Yes, we did, once upon a time, think misogyny was going to fade away. But it didn’t, not at all; it just went underground, and grew more twisted. We are living through the ‘return of the repressed’ now.
I wonder how many of these straight wokebeards insisting that TWAW would even consider dating a trans identified male? How many AGP TIMs would consider another AGP TIM as a “lesbian” partner? Not quite “validating” enough?
I guess one can only be so progressive…
Dropped an audible credit on Troubled Blood, a book I’d not have heard of or considered buying if it wasn’t for the nasty “TERF stole my ice cream” crowd. GG.
There is also a defence of J.K. Rowling (a bit milk-and-waterish, but still a defence) in the Independent today.

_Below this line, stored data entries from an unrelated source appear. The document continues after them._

fn put_present(out: &mut Vec<u8>, page: &Page) -> Result<(), AllocError> {
    put_one(
        out,
        "wabretos_client_connections",
        Kind::Gauge,
        "Open connections of clients.",
        page.connections,
    )?;
    put_one(
        out,
        "wabretos_waiting_clients",
        Kind::Gauge,
        "Clients that wait for an answer.",
        page.waiting,
    )?;
    put_one(
        out,
        "wabretos_pending_fetches",
        Kind::Gauge,
        "Fetches under way.",
        page.fetching,
    )?;
    put_one(
        out,
        "wabretos_waiting_octets",
        Kind::Gauge,
        "Octets of bodies that wait for room among those under way.",
        page.wanted_octets,
    )?;
    put_passing(out, page)?;
    put_look_ups(out, page)?;
    let Some(log) = page.log else {
        return Ok(());
    };
    put_one(
        out,
        "wabretos_log_lines_written_total",
        Kind::Counter,
        "Lines of the access log that were written.",
        Some(log.written),
    )?;
    put_one(
        out,
        "wabretos_log_lines_lost_total",
        Kind::Counter,
        "Lines of the access log that were lost.",
        Some(log.lost),
    )
}

fn put_passing(out: &mut Vec<u8>, page: &Page) -> Result<(), AllocError> {
    put_one(
        out,
        "wabretos_streams",
        Kind::Gauge,
        "Requests that are being passed on.",
        page.streams,
    )?;
    put_one(
        out,
        "wabretos_tunnels",
        Kind::Gauge,
        "Open tunnels.",
        page.tunnels,
    )?;
    put_one(
        out,
        "wabretos_fetches_unwanted_total",
        Kind::Counter,
        "Fetches that were ended for want of clients.",
        page.unwanted,
    )?;
    put_servers(out, page)?;
    put_attempts(out, page)
}
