//! The proxy's figures for operators: counters that any thread raises without a lock, and two texts of them, in the text format of
//! Prometheus (version 0.0.4) and as JSON. Plain values come in, and text goes out; no type of the node or of HTTP stands here.
//!
//! The contracts say: the class of a status (`specs/StatusClass.antt`); the bucket of a time, what is shown for a bucket, and sums
//! (`specs/Buckets.antt`); the place of the counter of each kind, and the name of each kind in both texts (`specs/Kinds.antt`), the
//! same for replies of neighbours, and of which kind an ICP or HTCP message is (`specs/Replies.antt`); how the value of a label is
//! escaped (`specs/Escapes.antt`). `buckets_add_up` says what is shown for the last bucket.
//!
//! Only tested: both texts as wholes, and so that each number stands beside the right names; and that the bounds in the texts are
//! those of the buckets. An atomic counter has no model, so no clause says what a counter holds.
//!
//! Tested by: crates/test_operator, exact texts; tests/metrics_format, the grammar of the metrics' text; must-fail edits.
#![tactic(auto)]

mod clients;
mod figures;
mod kinds;
mod laws;
mod lines;
mod metrics;
mod page;
mod replies;
mod times;

pub use clients::{clients_text, write_neighbour_counts};
pub use figures::{AnswerNote, FetchNote, Figures, NeighbourCounts, Snapshot};
pub use kinds::{Course, FetchOutcome, FetchedFrom, StatusClass, class_of};
pub use laws::buckets_add_up;
pub use metrics::metrics_text;
pub use page::{
    AttemptFigures, LogLines, LookUps, NeighbourFigures, NeighbourState, Page,
    ServerConnectionFigures, SocketFigures, Sockets,
};
pub use replies::{ReplyKind, htcp_reply, icp_reply};
pub use times::{Times, bucket_of};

More of a general rebuke of social media mobs though, with too much “no matter how you despise the content” for my taste.
The misogyny of the manosphere has always been in mainstream culture; it’s just that it was toned down, trying to hide behind polite politically correct manifestations. Now the obvious, screaming, foul hatred of women is the politically correct position, so they don’t need euphemisms or hiding the mashed potatoes in the cauliflower anymore. Twitter has stripped the clothes off the emperor, and he is revealed in all his misogynistic nastiness.
I suspect at least some of them get sexual excitement from the woman-hating. It’s the urge to overpower and dominate women, and it is really a visceral thing for them.